DATA:
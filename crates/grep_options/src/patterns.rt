//! The texts of all patterns.
ghost use Rattle.std.specs.Prelude.{◌≡◌, ◌++◌, IfOk, OnOk, map};
ghost use Rattle.std.specs.List.{flat_map};
ghost use Rattle.grep_options.specs.Texts.{lines_in};

use crate::error::OptionsError;
use std::alloc::{AllocError, Global};
use std::{fs, io};

/// Reads these files. Standard input is the file `-`.
pub fn read_files(rt: &HostRuntime, names: &[&str]) -> Result<Vec<String>, OptionsError> {
    let alloc = rt.alloc();
    let mut texts = Vec::new(alloc);
    for name in names {
        match read_file(rt, name) {
            Ok(text) => texts.push(text)?,
            Err(error) => {
                let name = String::from_str(alloc, name)?;
                return Err(OptionsError::PatternFile { name, error });
            }
        }
    }
    Ok(texts)
}

/// Reads a file of text, or standard input.
fn read_file(rt: &HostRuntime, name: &str) -> io::Result<String> {
    if name == "-" {
        io::read_to_string(rt.alloc(), rt.reader())
    } else {
        fs::read_to_string(rt, name)
    }
}

/// Returns all patterns: the lines of the given texts, and then those of the files.
pub fn all_patterns<'t>(
    alloc: Global,
    given: &[&'t str],
    files: &'t [String],
) -> Result<Vec<&'t str>, AllocError> {
    let mut all = Vec::new(alloc);
    push_given(alloc, given, &mut all)?;
    push_files(files, &mut all)?;
    Ok(all)
}

/// Appends the lines of these texts.
fn push_given<'t>(
    alloc: Global,
    given: &[&'t str],
    all: &mut Vec<&'t str>,
) -> Result<(), AllocError>
    ensures { OnOk result (map (λ text. text.now) all.new.items
        ≡ map (λ text. text.now) all.old.items ++ flat_map (λ text. lines_in text.now) given.now) }
{
    for text in given {
        push_lines(alloc, text, all)?;
    }
    Ok(())
}

/// Appends the lines of these files.
fn push_files<'t>(files: &'t [String], all: &mut Vec<&'t str>) -> Result<(), AllocError> {
    for file in files {
        push_file(file.as_str(), all)?;
    }
    Ok(())
}

/// Appends the lines of a file, without their ends. A line feed at its end begins no line.
fn push_file<'t>(file: &'t str, all: &mut Vec<&'t str>) -> Result<(), AllocError> {
    for line in file.split_inclusive('\n') {
        all.push(without_end(line))?;
    }
    Ok(())
}

/// Returns the line without its end, as lines that are searched lose it: without the line feed, and without a carriage
/// return before that. A carriage return at the end of a file belongs to the pattern.
fn without_end(line: &str) -> &str {
    match line.strip_suffix('\n') {
        Some(line) => line.strip_suffix('\r').unwrap_or(line),
        None => line,
    }
}

/// Appends the lines of the text.
fn push_lines<'t>(alloc: Global, text: &'t str, all: &mut Vec<&'t str>) -> Result<(), AllocError>
    ensures { OnOk result (map (λ text. text.now) all.new.items
        ≡ map (λ text. text.now) all.old.items ++ lines_in text.entry.now) }
{
    let lines = lines_in(alloc, text)?;
    all.extend_from_slice(&lines)?;
    Ok(())
}

/// Returns what is between the line feeds of the text.
fn lines_in<'t>(alloc: Global, text: &'t str) -> Result<Vec<&'t str>, AllocError>
    ensures { IfOk result (λ lines. map (λ line. line.now) lines.items ≡ lines_in text.entry.now) }
{
    text.split('\n').collect(alloc)
}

ABOUT THIS TASK: Give the material above again, word for word.

PROBLEM SOLUTION:
filename crates/grep_options/src/patterns.rt
//! The texts of all patterns.
ghost use Rattle.std.specs.Prelude.{◌≡◌, ◌++◌, IfOk, OnOk, map};
ghost use Rattle.std.specs.List.{flat_map};
ghost use Rattle.grep_options.specs.Texts.{lines_in};

use crate::error::OptionsError;
use std::alloc::{AllocError, Global};
use std::{fs, io};

/// Reads these files. Standard input is the file `-`.
pub fn read_files(rt: &HostRuntime, names: &[&str]) -> Result<Vec<String>, OptionsError> {
    let alloc = rt.alloc();
    let mut texts = Vec::new(alloc);
    for name in names {
        match read_file(rt, name) {
            Ok(text) => texts.push(text)?,
            Err(error) => {
                let name = String::from_str(alloc, name)?;
                return Err(OptionsError::PatternFile { name, error });
            }
        }
    }
    Ok(texts)
}

/// Reads a file of text, or standard input.
fn read_file(rt: &HostRuntime, name: &str) -> io::Result<String> {
    if name == "-" {
        io::read_to_string(rt.alloc(), rt.reader())
    } else {
        fs::read_to_string(rt, name)
    }
}

/// Returns all patterns: the lines of the given texts, and then those of the files.
pub fn all_patterns<'t>(
    alloc: Global,
    given: &[&'t str],
    files: &'t [String],
) -> Result<Vec<&'t str>, AllocError> {
    let mut all = Vec::new(alloc);
    push_given(alloc, given, &mut all)?;
    push_files(files, &mut all)?;
    Ok(all)
}

/// Appends the lines of these texts.
fn push_given<'t>(
    alloc: Global,
    given: &[&'t str],
    all: &mut Vec<&'t str>,
) -> Result<(), AllocError>
    ensures { OnOk result (map (λ text. text.now) all.new.items
        ≡ map (λ text. text.now) all.old.items ++ flat_map (λ text. lines_in text.now) given.now) }
{
    for text in given {
        push_lines(alloc, text, all)?;
    }
    Ok(())
}

/// Appends the lines of these files.
fn push_files<'t>(files: &'t [String], all: &mut Vec<&'t str>) -> Result<(), AllocError> {
    for file in files {
        push_file(file.as_str(), all)?;
    }
    Ok(())
}

/// Appends the lines of a file, without their ends. A line feed at its end begins no line.
fn push_file<'t>(file: &'t str, all: &mut Vec<&'t str>) -> Result<(), AllocError> {
    for line in file.split_inclusive('\n') {
        all.push(without_end(line))?;
    }
    Ok(())
}

/// Returns the line without its end, as lines that are searched lose it: without the line feed, and without a carriage
/// return before that. A carriage return at the end of a file belongs to the pattern.
fn without_end(line: &str) -> &str {
    match line.strip_suffix('\n') {
        Some(line) => line.strip_suffix('\r').unwrap_or(line),
        None => line,
    }
}

/// Appends the lines of the text.
fn push_lines<'t>(alloc: Global, text: &'t str, all: &mut Vec<&'t str>) -> Result<(), AllocError>
    ensures { OnOk result (map (λ text. text.now) all.new.items
        ≡ map (λ text. text.now) all.old.items ++ lines_in text.entry.now) }
{
    let lines = lines_in(alloc, text)?;
    all.extend_from_slice(&lines)?;
    Ok(())
}

/// Returns what is between the line feeds of the text.
fn lines_in<'t>(alloc: Global, text: &'t str) -> Result<Vec<&'t str>, AllocError>
    ensures { IfOk result (λ lines. map (λ line. line.now) lines.items ≡ lines_in text.entry.now) }
{
    text.split('\n').collect(alloc)
}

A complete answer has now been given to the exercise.